In the present study, we explored the role of LPAR5 in thyroid cancer and its potential relationship with clinical features, finding that LPAR5 is associated with lymph node metastasis. Cytological experiments on TPC-1 and KTC-1 cell lines showed that LPAR5 play an important role in a series of cellular functions of tumor cells, including proliferation, colony formation, migration, invasion, and apoptosis. Our Western blot results show that LPAR5 appears to be involved in the PI3K/AKT pathway. We used AKT activator to perform the regression experiment, and experimental results revealed that the significant change in AKT plays a crucial role in the effect of LPAR5 on PTC. We further hypothesized that LPAR5 also affects the EMT process and conducted further experiments.

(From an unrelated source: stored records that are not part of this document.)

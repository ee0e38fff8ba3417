//! What is needed of a derivation.
//!
//! The events are read from the last to the first. Each node then has what of the state it leans
//! on. A link that moves what its rest does not lean on may be left out, with its covers; and where
//! one part of a split does not lean on what the split moves for it, that part alone may stand for
//! both.

ghost use Rattle.std.specs.Prelude.{◌≡◌, ◌≤◌, IfOk};

use crate::leans::{Aspect, Leans};
use derivation::{Event, Log, Recorder};
use geo_base::MAX_DIMS;
use geo_conditions::{Cond, ObjId};
use std::alloc::{AllocError, Global};

/// A node: its events from `start` on and before `end`, and what it leans on.
#[derive(Clone, Copy)]
struct Span<const K: usize> {
    start: usize,
    end: usize,
    leans: Leans<K>,
}

/// What was read of a derivation, from its end.
#[derive(Drop)]
struct Backwards<'a, const K: usize> {
    conditions: &'a [Cond],
    /// The nodes that are part of no other yet, the first in the text last.
    spans: Vec<Span<K>>,
    /// What the leaves lean on of covers that belong to no node yet.
    covers: Leans<K>,
    /// Where the last list of covers ends.
    covers_end: usize,
    /// For each event how many are left out from it on, or 0 where it stays.
    gaps: Vec<u32>,
}

// What it takes to refute the condition of this number.
fn insert_number<const K: usize>(leans: &mut Leans<K>, conditions: &[Cond], i: u32) {
    if i != 0 {
        if let Some(c) = conditions.get((i - 1) as usize) {
            leans.insert_refuted(c);
        }
    }
}

impl<'a, const K: usize> Backwards<'a, K> {
    fn start(
        alloc: Global,
        conditions: &'a [Cond],
        events: usize,
    ) -> Result<Backwards<'a, K>, AllocError> {
        Ok(Backwards {
            conditions,
            spans: Vec::new(alloc),
            covers: Leans::new(),
            covers_end: 0,
            gaps: vec![in alloc; 0; events]?,
        })
    }

    // Leaves the events out, where their number is one of 32 bits.
    fn leave_out(&mut self, start: usize, end: usize) {
        let length = end.saturating_sub(start);
        if start < self.gaps.len() && length <= u32::MAX as usize {
            self.gaps[start] = length as u32;
        }
    }

    // The covers that were read belong to a node of this object. They lean on its region, and at
    // their leaves it is put at a place.
    fn close_covers(&mut self, o: ObjId) {
        self.covers.lean_on_ends(o);
    }

    // A link begins at `start` that moves an aspect of the object, and its covers and its rest are
    // read. It says whether there is a rest.
    fn link(&mut self, start: usize, o: ObjId, moved: Aspect) -> bool {
        let Some(last) = self.spans.len().checked_sub(1) else {
            return false;
        };
        let rest = &mut self.spans[last];
        let behind = rest.start;
        rest.start = start;
        if rest.leans.has(o, moved) {
            rest.leans.join(&self.covers);
        } else {
            self.leave_out(start, behind);
        }
        self.covers = Leans::new();
        true
    }

    // A link that moves one end of an interval. Its covers end below the other end.
    fn bound(&mut self, start: usize, o: ObjId, moved: Aspect, other: Aspect) -> bool {
        self.close_covers(o);
        self.covers.insert(o, Aspect::Places);
        self.covers.remove(o, other);
        self.link(start, o, moved)
    }

    // A list of covers at `start` shows that the object has no point.
    fn gone(&mut self, start: usize, o: ObjId) -> Result<bool, AllocError> {
        self.close_covers(o);
        self.covers.insert(o, Aspect::Places);
        let leans = self.covers;
        self.covers = Leans::new();
        let end = self.covers_end;
        self.spans.push(Span { start, end, leans })?;
        Ok(true)
    }

    // A split of the object stands at `start`, which moves one aspect for its first part and one
    // for the second, and both parts are read.
    fn split(
        &mut self,
        start: usize,
        o: ObjId,
        in_first: Aspect,
        in_second: Aspect,
    ) -> Result<bool, AllocError> {
        let Some(first) = self.spans.pop() else {
            return Ok(false);
        };
        let Some(second) = self.spans.pop() else {
            return Ok(false);
        };
        let leans = if !first.leans.has(o, in_first) {
            self.leave_out(start, first.start);
            self.leave_out(second.start, second.end);
            first.leans
        } else if !second.leans.has(o, in_second) {
            self.leave_out(start, second.start);
            second.leans
        } else {
            of_both(o, (first.leans, in_first), (second.leans, in_second))
        };
        let end = second.end;
        self.spans.push(Span { start, end, leans })?;
        Ok(true)
    }

    // Takes the event before those that were read. It says whether they can be the end of a
    // derivation.
    fn take(&mut self, start: usize, end: usize, e: Event) -> Result<bool, AllocError> {
        match e {
            Event::SplitShape(o, _) => self.split(start, o, Aspect::Places, Aspect::Places),
            Event::SplitUpto(o, d, _) => self.split(start, o, high(d), low(d)),
            Event::SplitFrom(o, d, _) => self.split(start, o, low(d), high(d)),
            Event::Raise(o, d, _) => Ok(self.bound(start, o, low(d), high(d))),
            Event::Lower(o, d, _) => Ok(self.bound(start, o, high(d), low(d))),
            Event::Drop(o, _) => {
                self.close_covers(o);
                Ok(self.link(start, o, Aspect::Places))
            }
            Event::Gone(o) => self.gone(start, o),
            Event::Dead(i) => {
                let mut leans = Leans::new();
                insert_number(&mut leans, self.conditions, i);
                self.spans.push(Span { start, end, leans })?;
                Ok(true)
            }
            Event::By(i) => {
                insert_number(&mut self.covers, self.conditions, i);
                Ok(true)
            }
            Event::EndCovers => {
                self.covers_end = end;
                Ok(true)
            }
            Event::Cover(_) | Event::Cut(_, _) | Event::CutFrom(_, _) => Ok(true),
        }
    }
}

// The low end in a dimension that an event names.
fn low(d: u32) -> Aspect {
    Aspect::Low(d as usize)
}

// The high end in it.
fn high(d: u32) -> Aspect {
    Aspect::High(d as usize)
}

// What both parts of a split of the object lean on. The first part has the place or the end that
// the split gives it, whatever it was before, and the second part has the end.
fn of_both<const K: usize>(
    o: ObjId,
    (first, in_first): (Leans<K>, Aspect),
    (second, in_second): (Leans<K>, Aspect),
) -> Leans<K> {
    let (mut leans, mut others) = (first, second);
    leans.remove(o, in_first);
    match in_second {
        Aspect::Places => {}
        Aspect::Low(_) | Aspect::High(_) => others.remove(o, in_second),
    }
    leans.join(&others);
    leans
}

// Puts an event of the record where another one stands.
fn put_at(log: &mut Log, to: usize, from: usize) {
    let events = log.events();
    if to < events.len() && from < events.len() {
        let e = events[from];
        log.set(to, e);
    }
}

// Takes out of the record what the gaps leave out.
fn leave_out(log: &mut Log, gaps: &[u32]) {
    let mut next: usize = 0;
    let mut stays: usize = 0;
    for (at, gap) in gaps.iter().enumerate() {
        if next <= at {
            if *gap > 0 {
                next = at.saturating_add(*gap as usize);
            } else {
                put_at(log, stays, at);
                stays = stays.saturating_add(1);
            }
        }
    }
    let end = stays.min(log.mark());
    log.cut_back(end);
}

/// The same events in a record of their own.
pub fn copied(alloc: Global, events: &[Event]) -> Result<Log, AllocError>
    ensures { IfOk result (λ copy. copy.events ≡ events.now) }
{
    let mut copy = Log::new(alloc);
    for e in events {
        copy.add(*e)?;
    }
    Ok(copy)
}

// For each event how many are left out from it on, or 0 where it stays; none where the events are
// no derivation.
fn gaps_of<const K: usize>(
    alloc: Global,
    conditions: &[Cond],
    events: &[Event],
) -> Result<Option<Vec<u32>>, AllocError>
    requires { K ≤ MAX_DIMS }
{
    let mut read = Backwards::<K>::start(alloc, conditions, events.len())?;
    let mut end = events.len();
    for e in events.iter().rev() {
        let start = end.saturating_sub(1);
        if !read.take(start, end, *e)? {
            return Ok(None);
        }
        end = start;
    }
    Ok(Some(read.gaps))
}

/// Takes out of a derivation what no later step leans on. What is no derivation is left as it is.
pub fn drop_needless<const K: usize>(
    alloc: Global,
    conditions: &[Cond],
    log: &mut Log,
) -> Result<(), AllocError>
    requires { K ≤ MAX_DIMS }
{
    if let Some(gaps) = gaps_of::<K>(alloc, conditions, log.events())? {
        leave_out(log, gaps.as_slice());
    }
    Ok(())
}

Some limitations of the present study need to be considered. First, the details of the involvement of LPAR5 in the PI3K/AKT pathway in PTC need further study. Second, experiments in animals are needed. The mechanism of LPAR5 in thyroid tumors still needs to be explored, but LPAR5 clearly plays a significant role in PTC.

Conclusions

In summary, downregulation of PAR5 expression can inhibit the physiological process of PTC, and this phenomenon is related to the PI3K/AKT pathway and EMT. The findings of this study suggest that LPAR5 is a potentially sensitive biomarker of PTC.